Data supplied >>
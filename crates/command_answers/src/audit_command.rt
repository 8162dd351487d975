//! The command `audit DECK`: whether the circuit of a deck is built of domino cells with keepers.
ghost use Rattle.std.specs.Prelude.{◌≡◌, ◌++◌, IfOk, IsErrOf, OnOk};
ghost use Rattle.audit_deck.specs.Answers.{answer_of};
ghost use Rattle.deck.specs.CircuitData.{CircuitData};
ghost use Rattle.deck.specs.Nets.{net_name};
ghost use Rattle.deck_audit.specs.Audits.{Answer as Found};
ghost use Rattle.command_answers.specs.AuditedDecks.{IsAuditedDeck};
ghost use Rattle.command_answers.specs.Audits.{IsAuditOf, IsUnaudited, audit_line, is_yes, no_line, yes_line};
ghost use Rattle.command_answers.specs.Endings.{ending_of};
ghost use Rattle.command_answers.specs.declared.answer.Ending.TheVariants.{Done};
ghost use Rattle.trace_tool.specs.declared.fault.TraceFault.{TraceFault as Fault};

use crate::answer::{Answer, Ending};
use audit_deck::Audit;
use deck::{Circuit, roles};
use dom_base::{OutOfMemory, append, append_number};
use spice_read::read;
use std::alloc::Global;
use trace_tool::TraceFault;

/// What the audit of a deck says: `yes cells N width W height H`, or `no rule R net NAME` of the first rule that is broken
/// and its smallest net. The deck is read first, then its ports are looked at; the first fault in this order is reported.
pub fn audit(alloc: Global, deck: &[u8]) -> Result<Answer, TraceFault>
    ensures audit { IfOk result (λ answer. (circuit : CircuitData) × (found : Found) × IsAuditOf deck.now circuit found
        × (answer.text.items ≡ audit_line circuit.nets found) × (answer.ending ≡ ending_of (is_yes found))) }
    ensures right { IfOk result (λ answer. answer.ending ≡ Done → IsAuditedDeck deck.now answer.text.items) }
    ensures refused { (why : Fault) → IsErrOf result why → IsUnaudited deck.now why }
{
    let circuit = read(alloc, deck)?;
    let roles = roles(&circuit)?;
    let found = audit_deck::audit(alloc, &circuit, roles)?;
    let text = audit_text(alloc, &circuit, &found)?;
    let ending = Ending::of(is_yes(&found));
    Ok(Answer { text, ending })
}

/// Whether the answer is yes.
fn is_yes(found: &Audit) -> bool
    ensures { result ≡ is_yes (answer_of found.now) }
{
    match found {
        Audit::Yes { .. } => true,
        Audit::No { .. } => false,
    }
}

/// The line of an answer.
fn audit_text(alloc: Global, circuit: &Circuit, found: &Audit) -> Result<Vec<u8>, OutOfMemory>
    ensures { IfOk result (λ text. text.items ≡ audit_line circuit.now.nets (answer_of found.now)) }
{
    let mut text = Vec::new(alloc);
    match found {
        Audit::Yes {
            cells,
            width,
            height,
            ..
        } => put_yes(&mut text, *cells, *width, *height)?,
        Audit::No { rule, net } => put_no(&mut text, *rule, name_of(circuit, *net))?,
    }
    Ok(text)
}

/// Appends the line of a yes: the number of cells, and the greatest width and height of their trees.
fn put_yes(text: &mut Vec<u8>, cells: u32, width: u32, height: u32) -> Result<(), OutOfMemory>
    ensures { OnOk result (text.new.items ≡ text.old.items ++ yes_line cells width height) }
{
    append(text, b"yes cells ")?;
    append_number(text, cells as u64)?;
    append(text, b" width ")?;
    append_number(text, width as u64)?;
    append(text, b" height ")?;
    append_number(text, height as u64)?;
    append(text, b"\n")
}

/// Appends the line of a rule that is broken at a net of this name.
fn put_no(text: &mut Vec<u8>, rule: u32, name: &[u8]) -> Result<(), OutOfMemory>
    ensures { OnOk result (text.new.items ≡ text.old.items ++ no_line rule name.now) }
{
    append(text, b"no rule ")?;
    append_number(text, rule as u64)?;
    append(text, b" net ")?;
    append(text, name)?;
    append(text, b"\n")
}

/// The name of a net, or nothing where there is none of this number.
fn name_of(circuit: &Circuit, net: u32) -> &[u8]
    ensures { result.now ≡ net_name circuit.now.nets net }
{
    match circuit.nets.get_index(net as usize) {
        Some(name) => name.as_bytes(),
        None => b"",
    }
}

Work to be completed >>
Return only the part of the records above that opens with the line containing "use std::alloc::Global;" and closes with the line containing "of an answer.", ends included.

Task answer >>
use std::alloc::Global;
use trace_tool::TraceFault;

/// What the audit of a deck says: `yes cells N width W height H`, or `no rule R net NAME` of the first rule that is broken
/// and its smallest net. The deck is read first, then its ports are looked at; the first fault in this order is reported.
pub fn audit(alloc: Global, deck: &[u8]) -> Result<Answer, TraceFault>
    ensures audit { IfOk result (λ answer. (circuit : CircuitData) × (found : Found) × IsAuditOf deck.now circuit found
        × (answer.text.items ≡ audit_line circuit.nets found) × (answer.ending ≡ ending_of (is_yes found))) }
    ensures right { IfOk result (λ answer. answer.ending ≡ Done → IsAuditedDeck deck.now answer.text.items) }
    ensures refused { (why : Fault) → IsErrOf result why → IsUnaudited deck.now why }
{
    let circuit = read(alloc, deck)?;
    let roles = roles(&circuit)?;
    let found = audit_deck::audit(alloc, &circuit, roles)?;
    let text = audit_text(alloc, &circuit, &found)?;
    let ending = Ending::of(is_yes(&found));
    Ok(Answer { text, ending })
}

/// Whether the answer is yes.
fn is_yes(found: &Audit) -> bool
    ensures { result ≡ is_yes (answer_of found.now) }
{
    match found {
        Audit::Yes { .. } => true,
        Audit::No { .. } => false,
    }
}

/// The line of an answer.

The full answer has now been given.